'''
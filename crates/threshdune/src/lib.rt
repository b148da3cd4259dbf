// The library for C and Rust to link: the same proved functions, over numbers and slices. include/threshdune.h declares the curves,
// include/threshdune_parts.h the rest. What C is told of a refusal is its number.
#![tactic(auto)]

ghost use Rattle.std.specs.Prelude.{◌≡◌, false, []};
ghost use Rattle.std.specs.Float.Ieee.Scale.{finite};
ghost use Rattle.meaning.specs.Root.{root_of};
ghost use Rattle.meaning.specs.Number.{size_of, at_least, clamp_of};
ghost use Rattle.meaning.specs.Scalar.{plain};
ghost use Rattle.refusal.specs.Refusals.{refusal};
ghost use Rattle.partials.specs.Dual.{dual, var_dv, add_dv, sub_dv, mul_dv, div_dv, neg_dv, root_dv, overshoot_dv, fine_dv};
ghost use Rattle.plane.specs.Vector.{add_v, sub_v, scale_v, dot_v, cross_v, norm_v, unit_v, rot90_v};
ghost use Rattle.basis.specs.Basis.{derivatives_of};
ghost use Rattle.knots.specs.declared.Form.TheVariants.{Control, Fit};
ghost use Rattle.outcome.specs.Outcome.{outcome};
ghost use Rattle.shape.specs.Offered.{in_slices};
ghost use Rattle.build.specs.Build.{sliced, built_into};
ghost use Rattle.hull.specs.Promise.{InItsHull, NeverRefused};
ghost use Rattle.point.specs.Point.{point_answer, tangent_answer};
ghost use Rattle.many.specs.Many.{many};
ghost use Rattle.points.specs.Points.{points_answer, EachInItsHull, NoneRefused};
ghost use Rattle.measure.specs.Measure.{length_answer, domain_answer};
ghost use Rattle.samples.specs.Samples.{counted, samples_answer};
ghost use Rattle.distance_rule.specs.Distance.{distance_of};
ghost use Rattle.closest.specs.Search.{closest_answer};
ghost use Rattle.closest.specs.Many.{closest_many};
ghost use Rattle.residual.specs.Residual as held;
ghost use Rattle.c_values.specs.Crossing.{read_dv, read_v, read_six, AnsweredD, AnsweredV, AnsweredP, AnsweredB};
ghost use Rattle.c_curves.specs.Curves.{is_given, form_of, read_curve, as_record, behind, handed};
ghost use Rattle.moving.specs.Moving.{moved_out, moved_into};

use knots::Form;
use offer::Slices;
use partials::Dv;
use plane::P2;

// ---- curves

// The curve of these control points, over the knots where given is not 0, else over uniform ones.
#[unsafe(no_mangle)]
pub extern "C" fn threshdune_build_control(
    coords: &[f64],
    given: u64,
    knots: &[f64],
    control: &mut [f64],
    knots_out: &mut [f64],
) -> u64
    ensures { sliced (refusal result) control.new knots_out.new []
        ≡ built_into Control coords.now (is_given given) knots.now [] control.old knots_out.old }
{
    // Control points need no work.
    refusal::number_of(build::build_slices(
        Form::Control,
        coords,
        c_curves::given_knots(given, knots),
        &mut [],
        control,
        knots_out,
    ))
}

// The curve through these fit points, made in the lent work buffer.
#[unsafe(no_mangle)]
pub extern "C" fn threshdune_build_fit(
    coords: &[f64],
    work: &mut [f64],
    control: &mut [f64],
    knots_out: &mut [f64],
) -> u64
    ensures { sliced (refusal result) control.new knots_out.new work.new
        ≡ built_into Fit coords.now false [] work.old control.old knots_out.old }
{
    refusal::number_of(build::build_slices(Form::Fit, coords, None, work, control, knots_out))
}

// The point at t and its derivatives up to the order.
#[unsafe(no_mangle)]
pub extern "C" fn threshdune_evaluate(
    coords: &[f64],
    knots: &[f64],
    t: f64,
    order: u64,
    out: &mut [f64],
) -> u64
    ensures answer { outcome (refusal result) out.new
        ≡ point_answer (in_slices coords.now knots.now) t order out.old }
    ensures hull { InItsHull (in_slices coords.now knots.now) t (refusal result) out.new }
    ensures never { NeverRefused (in_slices coords.now knots.now) t order out.old (refusal result) }
{
    let curve = Slices { coords, knots };
    refusal::number_of(point::evaluate(&curve, t, order as usize, out))
}

// The points at the parameters ts with their derivatives up to the order, each in its place, and the refusal of each.
#[unsafe(no_mangle)]
pub extern "C" fn threshdune_evaluate_many(
    coords: &[f64],
    knots: &[f64],
    ts: &[f64],
    order: u64,
    out: &mut [f64],
    refusals: &mut [u64],
) -> u64
    ensures answer { many (refusal result) out.new refusals.new
        ≡ points_answer (in_slices coords.now knots.now) ts.now order out.old refusals.old }
    ensures hull { EachInItsHull (in_slices coords.now knots.now) ts.now order (refusal result)
        out.new refusals.new }
    ensures never { NoneRefused (in_slices coords.now knots.now) ts.now order out.old
        (refusal result) refusals.new }
{
    let curve = Slices { coords, knots };
    refusal::number_of(points::evaluate_many(&curve, ts, order as usize, out, refusals))
}

// The point at t and the unit tangent.
#[unsafe(no_mangle)]
pub extern "C" fn threshdune_point_tangent(
    coords: &[f64],
    knots: &[f64],
    t: f64,
    out: &mut [f64],
) -> u64
    ensures answer { outcome (refusal result) out.new
        ≡ tangent_answer (in_slices coords.now knots.now) t out.old }
    ensures hull { InItsHull (in_slices coords.now knots.now) t (refusal result) out.new }
{
    refusal::number_of(point::point_tangent(&Slices { coords, knots }, t, out))
}

// The length of the control polygon.
#[unsafe(no_mangle)]
pub extern "C" fn threshdune_length(coords: &[f64], knots: &[f64], length: &mut f64) -> u64
    ensures { behind (refusal result) length.new
        ≡ handed (length_answer (in_slices coords.now knots.now)) 0 length.old }
{
    let found = measure::length(&Slices { coords, knots });
    refusal::number_of(c_curves::hand_number(found, length))
}

// The first knot and the last.
#[unsafe(no_mangle)]
pub extern "C" fn threshdune_domain(
    coords: &[f64],
    knots: &[f64],
    from: &mut f64,
    to: &mut f64,
) -> u64
    ensures from_after { behind (refusal result) from.new
        ≡ handed (domain_answer (in_slices coords.now knots.now)) 0 from.old }
    ensures to_after { behind (refusal result) to.new
        ≡ handed (domain_answer (in_slices coords.now knots.now)) 1 to.old }
{
    let found = measure::domain(&Slices { coords, knots });
    refusal::number_of(c_curves::hand_interval(found, from, to))
}

// per_span parameters from the start of each rising knot pair on, then the domain's end.
#[unsafe(no_mangle)]
pub extern "C" fn threshdune_samples(
    coords: &[f64],
    knots: &[f64],
    per_span: u64,
    out: &mut [f64],
    count: &mut u64,
) -> u64
    ensures { counted (refusal result) out.new count.new
        ≡ samples_answer (in_slices coords.now knots.now) per_span out.old count.old }
{
    let found = samples::samples(&Slices { coords, knots }, per_span as usize, out);
    refusal::number_of(c_curves::hand_count(found, count))
}

// The parameter of the curve's point that lies nearest to (px, py).
#[unsafe(no_mangle)]
pub extern "C" fn threshdune_closest(
    coords: &[f64],
    knots: &[f64],
    px: f64,
    py: f64,
    t: &mut f64,
) -> u64
    ensures { behind (refusal result) t.new
        ≡ handed (closest_answer (in_slices coords.now knots.now) (record { x = px; y = py })) 0 t.old }
{
    let found = closest::closest(&Slices { coords, knots }, px, py);
    refusal::number_of(c_curves::hand_number(found, t))
}

// The parameters of the curve's points that lie nearest to these points, x and y in turn, each in its place, and the refusal of each.
#[unsafe(no_mangle)]
pub extern "C" fn threshdune_closest_many(
    coords: &[f64],
    knots: &[f64],
    points: &[f64],
    out: &mut [f64],
    refusals: &mut [u64],
) -> u64
    ensures { many (refusal result) out.new refusals.new
        ≡ closest_many (in_slices coords.now knots.now) points.now out.old refusals.old }
{
    let curve = Slices { coords, knots };
    refusal::number_of(closest::closest_many(&curve, points, out, refusals))
}

// The residuals of the point (px, py), held on the curve of these handles at t, with a row of their partials for each. The handles are fit points where
// fit is not 0, else control points, over the knots where given is not 0.
#[unsafe(no_mangle)]
pub extern "C" fn threshdune_residual(
    handles: &[f64],
    fit: u64,
    given: u64,
    knots: &[f64],
    px: f64,
    py: f64,
    t: f64,
    work: &mut [f64],
    counts: &mut [u8],
    residuals: &mut [f64],
    rows: &mut [f64],
) -> u64
    ensures { held.outcome (refusal result) work.new counts.new residuals.new rows.new
        ≡ held.residual_answer
        (held.asked (form_of fit) handles.now (is_given given) knots.now px py t)
        (held.lent work.old counts.old residuals.old rows.old) }
{
    refusal::number_of(residual::residual(
        c_curves::form_of(fit),
        handles,
        c_curves::given_knots(given, knots),
        px,
        py,
        t,
        work,
        counts,
        residuals,
        rows,
    ))
}

// ---- numbers

// The double nearest to the root of x; +0.0 at or below 0; infinity and a NaN stay.
#[unsafe(no_mangle)]
pub extern "C" fn threshdune_root(x: f64) -> f64
    ensures { result ≡ root_of x }
{
    root::root(x)
}

// Whether x is neither a NaN nor an infinity.
#[unsafe(no_mangle)]
pub extern "C" fn threshdune_is_finite(x: f64) -> bool
    ensures { result ≡ finite x }
{
    number::is_finite(x)
}

// x without its sign.
#[unsafe(no_mangle)]
pub extern "C" fn threshdune_size(x: f64) -> f64
    ensures { result ≡ size_of x }
{
    number::size(x)
}

// Whether the size of x is that of y or stands after it in totalOrder.
#[unsafe(no_mangle)]
pub extern "C" fn threshdune_at_least(x: f64, y: f64) -> bool
    ensures { result ≡ at_least x y }
{
    number::at_least(x, y)
}

// x, or the end of lo to hi that it lies past.
#[unsafe(no_mangle)]
pub extern "C" fn threshdune_clamp(x: f64, lo: f64, hi: f64) -> f64
    ensures { result ≡ clamp_of x lo hi }
{
    number::clamp(x, lo, hi)
}

// ---- values with partials

// Variable i of xs.
#[unsafe(no_mangle)]
pub extern "C" fn threshdune_partials_var(
    xs: &[f64],
    i: u64,
    out: &mut [f64],
    count: &mut u64,
) -> u64
    ensures { AnsweredD (var_dv xs.now i) out.old count.old result out.new count.new }
{
    c_values::answer(Dv::var(xs, i as usize), out, count)
}

// a + b.
#[unsafe(no_mangle)]
pub extern "C" fn threshdune_partials_add(
    a: &[f64],
    a_count: u64,
    b: &[f64],
    b_count: u64,
    out: &mut [f64],
    count: &mut u64,
) -> u64
    ensures { AnsweredD (add_dv (read_dv a.now 0 a_count) (read_dv b.now 0 b_count))
        out.old count.old result out.new count.new }
{
    let x = c_values::read_value(a, a_count as usize);
    let y = c_values::read_value(b, b_count as usize);
    c_values::answer(x + y, out, count)
}

// a - b.
#[unsafe(no_mangle)]
pub extern "C" fn threshdune_partials_sub(
    a: &[f64],
    a_count: u64,
    b: &[f64],
    b_count: u64,
    out: &mut [f64],
    count: &mut u64,
) -> u64
    ensures { AnsweredD (sub_dv (read_dv a.now 0 a_count) (read_dv b.now 0 b_count))
        out.old count.old result out.new count.new }
{
    let x = c_values::read_value(a, a_count as usize);
    let y = c_values::read_value(b, b_count as usize);
    c_values::answer(x - y, out, count)
}

// a * b.
#[unsafe(no_mangle)]
pub extern "C" fn threshdune_partials_mul(
    a: &[f64],
    a_count: u64,
    b: &[f64],
    b_count: u64,
    out: &mut [f64],
    count: &mut u64,
) -> u64
    ensures { AnsweredD (mul_dv (read_dv a.now 0 a_count) (read_dv b.now 0 b_count))
        out.old count.old result out.new count.new }
{
    let x = c_values::read_value(a, a_count as usize);
    let y = c_values::read_value(b, b_count as usize);
    c_values::answer(x * y, out, count)
}

// a / b.
#[unsafe(no_mangle)]
pub extern "C" fn threshdune_partials_div(
    a: &[f64],
    a_count: u64,
    b: &[f64],
    b_count: u64,
    out: &mut [f64],
    count: &mut u64,
) -> u64
    ensures { AnsweredD (div_dv (read_dv a.now 0 a_count) (read_dv b.now 0 b_count))
        out.old count.old result out.new count.new }
{
    let x = c_values::read_value(a, a_count as usize);
    let y = c_values::read_value(b, b_count as usize);
    c_values::answer(x / y, out, count)
}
'''
### Task details
Check each line above for the word "include" and give the number of lines that have it, nothing else.

### Problem solution
2